# Aim of the exercise
Look through the records below for the line holding "membership by cuts.". Write it out exactly, with each following line through the line holding "fn push_cuts<T: Element>(kept: &mut".
===== Dataset =====
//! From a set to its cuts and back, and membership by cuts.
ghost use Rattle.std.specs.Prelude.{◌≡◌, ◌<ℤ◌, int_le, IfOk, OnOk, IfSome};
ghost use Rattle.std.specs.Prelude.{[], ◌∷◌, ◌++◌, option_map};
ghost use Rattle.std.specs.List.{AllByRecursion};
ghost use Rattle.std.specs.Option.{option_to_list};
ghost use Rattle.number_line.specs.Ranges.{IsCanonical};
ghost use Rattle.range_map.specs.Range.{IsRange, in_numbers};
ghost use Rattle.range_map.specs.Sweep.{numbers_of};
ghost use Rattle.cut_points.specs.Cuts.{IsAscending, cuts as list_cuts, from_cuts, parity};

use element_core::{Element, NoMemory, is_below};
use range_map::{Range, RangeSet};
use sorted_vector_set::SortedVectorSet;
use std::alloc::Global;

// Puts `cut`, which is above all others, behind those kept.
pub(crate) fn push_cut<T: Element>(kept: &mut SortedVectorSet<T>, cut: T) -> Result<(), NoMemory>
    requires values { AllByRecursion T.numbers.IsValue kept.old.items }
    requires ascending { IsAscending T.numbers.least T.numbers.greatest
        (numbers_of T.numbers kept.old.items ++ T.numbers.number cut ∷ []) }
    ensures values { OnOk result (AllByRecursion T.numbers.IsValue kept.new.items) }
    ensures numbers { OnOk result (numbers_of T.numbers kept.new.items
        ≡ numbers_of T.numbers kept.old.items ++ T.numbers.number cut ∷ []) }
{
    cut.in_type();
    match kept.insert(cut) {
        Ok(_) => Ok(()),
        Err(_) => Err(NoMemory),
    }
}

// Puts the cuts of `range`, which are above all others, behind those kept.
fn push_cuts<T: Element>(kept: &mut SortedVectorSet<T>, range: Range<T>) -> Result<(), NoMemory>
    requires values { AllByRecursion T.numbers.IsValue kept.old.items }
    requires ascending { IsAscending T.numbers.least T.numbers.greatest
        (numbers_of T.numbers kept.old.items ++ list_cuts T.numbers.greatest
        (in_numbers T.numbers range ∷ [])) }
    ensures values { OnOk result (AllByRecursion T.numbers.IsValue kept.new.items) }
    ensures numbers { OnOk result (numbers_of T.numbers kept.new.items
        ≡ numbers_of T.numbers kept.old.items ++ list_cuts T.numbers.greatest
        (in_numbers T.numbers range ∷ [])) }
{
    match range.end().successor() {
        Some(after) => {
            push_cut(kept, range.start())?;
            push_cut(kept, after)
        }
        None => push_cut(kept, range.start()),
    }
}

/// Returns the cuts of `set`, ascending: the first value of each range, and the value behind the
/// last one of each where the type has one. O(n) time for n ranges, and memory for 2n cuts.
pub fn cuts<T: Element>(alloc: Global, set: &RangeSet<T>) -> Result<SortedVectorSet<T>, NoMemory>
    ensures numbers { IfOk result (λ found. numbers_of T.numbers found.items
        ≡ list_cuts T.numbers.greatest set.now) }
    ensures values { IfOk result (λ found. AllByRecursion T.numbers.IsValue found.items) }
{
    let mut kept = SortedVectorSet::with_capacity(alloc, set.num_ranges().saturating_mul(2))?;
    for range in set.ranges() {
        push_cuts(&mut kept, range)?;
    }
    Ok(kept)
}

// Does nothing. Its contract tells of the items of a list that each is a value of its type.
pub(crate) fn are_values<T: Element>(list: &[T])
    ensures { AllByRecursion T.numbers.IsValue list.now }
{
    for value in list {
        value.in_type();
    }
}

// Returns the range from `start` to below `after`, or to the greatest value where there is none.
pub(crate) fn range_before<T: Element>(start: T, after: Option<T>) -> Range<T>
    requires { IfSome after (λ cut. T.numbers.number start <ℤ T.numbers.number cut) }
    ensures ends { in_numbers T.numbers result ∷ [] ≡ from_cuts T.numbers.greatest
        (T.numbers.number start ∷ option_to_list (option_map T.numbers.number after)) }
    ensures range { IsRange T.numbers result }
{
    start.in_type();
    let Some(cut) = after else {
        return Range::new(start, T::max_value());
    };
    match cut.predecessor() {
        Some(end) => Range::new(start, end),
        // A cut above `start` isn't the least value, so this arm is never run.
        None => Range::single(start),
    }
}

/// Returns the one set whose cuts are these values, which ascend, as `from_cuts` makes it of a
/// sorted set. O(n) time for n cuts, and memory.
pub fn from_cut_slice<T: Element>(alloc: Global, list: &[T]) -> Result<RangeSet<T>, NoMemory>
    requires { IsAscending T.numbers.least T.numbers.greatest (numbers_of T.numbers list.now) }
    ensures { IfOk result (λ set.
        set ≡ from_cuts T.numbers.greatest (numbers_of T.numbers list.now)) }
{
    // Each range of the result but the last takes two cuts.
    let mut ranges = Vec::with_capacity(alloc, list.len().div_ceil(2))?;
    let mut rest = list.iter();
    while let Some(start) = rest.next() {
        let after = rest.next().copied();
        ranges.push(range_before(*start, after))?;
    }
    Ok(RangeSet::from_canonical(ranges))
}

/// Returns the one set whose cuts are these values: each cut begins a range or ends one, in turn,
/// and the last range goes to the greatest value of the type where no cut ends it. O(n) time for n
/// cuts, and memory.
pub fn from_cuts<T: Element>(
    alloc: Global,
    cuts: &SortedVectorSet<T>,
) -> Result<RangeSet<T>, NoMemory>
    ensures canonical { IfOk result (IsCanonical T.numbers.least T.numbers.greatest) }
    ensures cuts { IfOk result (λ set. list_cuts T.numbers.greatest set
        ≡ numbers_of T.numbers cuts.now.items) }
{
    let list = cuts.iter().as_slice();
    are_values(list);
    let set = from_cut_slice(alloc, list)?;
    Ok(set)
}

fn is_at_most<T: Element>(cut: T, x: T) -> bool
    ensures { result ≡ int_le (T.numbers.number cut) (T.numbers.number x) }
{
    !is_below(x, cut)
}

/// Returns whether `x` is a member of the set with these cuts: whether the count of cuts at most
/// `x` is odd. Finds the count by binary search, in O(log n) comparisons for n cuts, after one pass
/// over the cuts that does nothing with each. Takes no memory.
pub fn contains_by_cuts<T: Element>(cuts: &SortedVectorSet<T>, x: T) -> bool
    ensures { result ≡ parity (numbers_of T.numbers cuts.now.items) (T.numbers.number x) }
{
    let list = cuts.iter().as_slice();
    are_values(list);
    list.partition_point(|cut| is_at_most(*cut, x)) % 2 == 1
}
=====
===== Dataset =====
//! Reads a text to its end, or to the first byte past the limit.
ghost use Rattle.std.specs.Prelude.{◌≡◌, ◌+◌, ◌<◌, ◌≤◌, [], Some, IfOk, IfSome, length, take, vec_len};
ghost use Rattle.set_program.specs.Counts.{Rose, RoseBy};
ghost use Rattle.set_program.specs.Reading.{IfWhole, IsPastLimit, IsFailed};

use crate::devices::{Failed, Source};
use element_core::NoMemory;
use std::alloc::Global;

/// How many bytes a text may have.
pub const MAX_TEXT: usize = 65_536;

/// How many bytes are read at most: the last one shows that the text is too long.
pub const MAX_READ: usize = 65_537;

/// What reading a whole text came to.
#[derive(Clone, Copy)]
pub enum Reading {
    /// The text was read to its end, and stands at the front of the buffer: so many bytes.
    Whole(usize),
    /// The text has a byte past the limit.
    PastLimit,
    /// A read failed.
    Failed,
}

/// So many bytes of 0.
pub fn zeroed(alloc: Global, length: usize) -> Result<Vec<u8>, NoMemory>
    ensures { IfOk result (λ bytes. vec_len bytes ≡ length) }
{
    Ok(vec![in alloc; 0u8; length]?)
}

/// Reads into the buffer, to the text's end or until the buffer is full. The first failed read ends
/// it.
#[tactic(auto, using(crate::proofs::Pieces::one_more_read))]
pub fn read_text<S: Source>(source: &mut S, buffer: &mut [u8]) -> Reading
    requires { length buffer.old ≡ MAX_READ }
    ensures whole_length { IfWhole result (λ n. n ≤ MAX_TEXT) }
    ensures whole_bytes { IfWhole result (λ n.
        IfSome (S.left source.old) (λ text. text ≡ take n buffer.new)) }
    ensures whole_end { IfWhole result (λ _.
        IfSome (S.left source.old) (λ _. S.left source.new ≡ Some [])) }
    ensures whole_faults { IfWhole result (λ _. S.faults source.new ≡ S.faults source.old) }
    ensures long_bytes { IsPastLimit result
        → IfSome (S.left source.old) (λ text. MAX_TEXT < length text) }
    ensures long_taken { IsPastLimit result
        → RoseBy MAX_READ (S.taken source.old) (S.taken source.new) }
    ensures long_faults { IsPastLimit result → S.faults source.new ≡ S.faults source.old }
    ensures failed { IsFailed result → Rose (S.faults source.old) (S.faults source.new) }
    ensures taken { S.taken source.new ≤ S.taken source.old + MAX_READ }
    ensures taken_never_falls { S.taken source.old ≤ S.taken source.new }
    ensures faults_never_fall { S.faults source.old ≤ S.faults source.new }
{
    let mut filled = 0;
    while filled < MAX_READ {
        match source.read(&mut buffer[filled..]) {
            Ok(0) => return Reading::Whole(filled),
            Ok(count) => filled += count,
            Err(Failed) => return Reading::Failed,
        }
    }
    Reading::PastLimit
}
=====
===== Dataset =====
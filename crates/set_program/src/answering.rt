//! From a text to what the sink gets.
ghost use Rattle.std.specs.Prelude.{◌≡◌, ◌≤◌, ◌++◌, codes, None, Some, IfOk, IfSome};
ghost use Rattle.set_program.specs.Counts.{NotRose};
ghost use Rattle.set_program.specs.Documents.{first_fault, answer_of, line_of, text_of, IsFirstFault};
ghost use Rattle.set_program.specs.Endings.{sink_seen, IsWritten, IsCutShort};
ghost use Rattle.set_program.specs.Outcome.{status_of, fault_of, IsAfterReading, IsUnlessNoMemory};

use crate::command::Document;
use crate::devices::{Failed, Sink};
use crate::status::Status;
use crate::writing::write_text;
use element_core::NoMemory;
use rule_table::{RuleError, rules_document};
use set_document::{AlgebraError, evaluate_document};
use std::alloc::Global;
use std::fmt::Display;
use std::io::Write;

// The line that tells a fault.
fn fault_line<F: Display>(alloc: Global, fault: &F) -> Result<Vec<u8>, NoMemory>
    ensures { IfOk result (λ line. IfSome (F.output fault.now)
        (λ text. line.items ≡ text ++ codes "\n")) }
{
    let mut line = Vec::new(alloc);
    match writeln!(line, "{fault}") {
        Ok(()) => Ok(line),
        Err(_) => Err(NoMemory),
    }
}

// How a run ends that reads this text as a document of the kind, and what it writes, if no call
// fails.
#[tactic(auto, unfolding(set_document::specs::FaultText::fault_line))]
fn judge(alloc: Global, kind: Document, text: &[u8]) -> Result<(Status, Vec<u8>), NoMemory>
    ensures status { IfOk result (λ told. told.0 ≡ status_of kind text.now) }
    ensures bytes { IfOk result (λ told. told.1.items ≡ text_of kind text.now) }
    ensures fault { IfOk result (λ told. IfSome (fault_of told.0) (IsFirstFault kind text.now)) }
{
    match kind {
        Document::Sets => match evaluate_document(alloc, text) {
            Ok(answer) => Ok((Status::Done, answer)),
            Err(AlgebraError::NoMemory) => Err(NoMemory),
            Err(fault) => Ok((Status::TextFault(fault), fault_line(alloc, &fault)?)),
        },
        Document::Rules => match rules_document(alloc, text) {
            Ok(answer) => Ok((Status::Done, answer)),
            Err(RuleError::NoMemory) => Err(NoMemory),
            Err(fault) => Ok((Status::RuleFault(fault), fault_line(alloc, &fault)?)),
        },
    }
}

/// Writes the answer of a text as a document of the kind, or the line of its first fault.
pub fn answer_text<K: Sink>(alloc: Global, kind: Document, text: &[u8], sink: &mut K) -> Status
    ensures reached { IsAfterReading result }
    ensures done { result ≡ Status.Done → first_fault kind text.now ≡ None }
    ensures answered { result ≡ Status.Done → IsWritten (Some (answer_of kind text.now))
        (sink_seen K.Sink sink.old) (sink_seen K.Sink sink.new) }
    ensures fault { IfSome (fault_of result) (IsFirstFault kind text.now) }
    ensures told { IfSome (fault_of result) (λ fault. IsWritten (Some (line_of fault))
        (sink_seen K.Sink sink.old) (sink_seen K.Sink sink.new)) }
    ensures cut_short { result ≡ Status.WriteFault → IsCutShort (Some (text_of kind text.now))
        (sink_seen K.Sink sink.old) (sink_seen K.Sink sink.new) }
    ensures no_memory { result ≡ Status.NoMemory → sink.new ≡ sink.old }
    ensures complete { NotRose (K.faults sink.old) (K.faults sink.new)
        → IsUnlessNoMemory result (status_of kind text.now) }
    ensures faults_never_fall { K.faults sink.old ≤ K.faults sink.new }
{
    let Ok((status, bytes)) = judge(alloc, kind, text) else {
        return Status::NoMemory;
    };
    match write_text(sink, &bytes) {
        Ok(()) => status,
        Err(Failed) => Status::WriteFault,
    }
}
=====
# Result of this task
//! From a set to its cuts and back, and membership by cuts.
ghost use Rattle.std.specs.Prelude.{◌≡◌, ◌<ℤ◌, int_le, IfOk, OnOk, IfSome};
ghost use Rattle.std.specs.Prelude.{[], ◌∷◌, ◌++◌, option_map};
ghost use Rattle.std.specs.List.{AllByRecursion};
ghost use Rattle.std.specs.Option.{option_to_list};
ghost use Rattle.number_line.specs.Ranges.{IsCanonical};
ghost use Rattle.range_map.specs.Range.{IsRange, in_numbers};
ghost use Rattle.range_map.specs.Sweep.{numbers_of};
ghost use Rattle.cut_points.specs.Cuts.{IsAscending, cuts as list_cuts, from_cuts, parity};

use element_core::{Element, NoMemory, is_below};
use range_map::{Range, RangeSet};
use sorted_vector_set::SortedVectorSet;
use std::alloc::Global;

// Puts `cut`, which is above all others, behind those kept.
pub(crate) fn push_cut<T: Element>(kept: &mut SortedVectorSet<T>, cut: T) -> Result<(), NoMemory>
    requires values { AllByRecursion T.numbers.IsValue kept.old.items }
    requires ascending { IsAscending T.numbers.least T.numbers.greatest
        (numbers_of T.numbers kept.old.items ++ T.numbers.number cut ∷ []) }
    ensures values { OnOk result (AllByRecursion T.numbers.IsValue kept.new.items) }
    ensures numbers { OnOk result (numbers_of T.numbers kept.new.items
        ≡ numbers_of T.numbers kept.old.items ++ T.numbers.number cut ∷ []) }
{
    cut.in_type();
    match kept.insert(cut) {
        Ok(_) => Ok(()),
        Err(_) => Err(NoMemory),
    }
}

// Puts the cuts of `range`, which are above all others, behind those kept.
fn push_cuts<T: Element>(kept: &mut SortedVectorSet<T>, range: Range<T>) -> Result<(), NoMemory>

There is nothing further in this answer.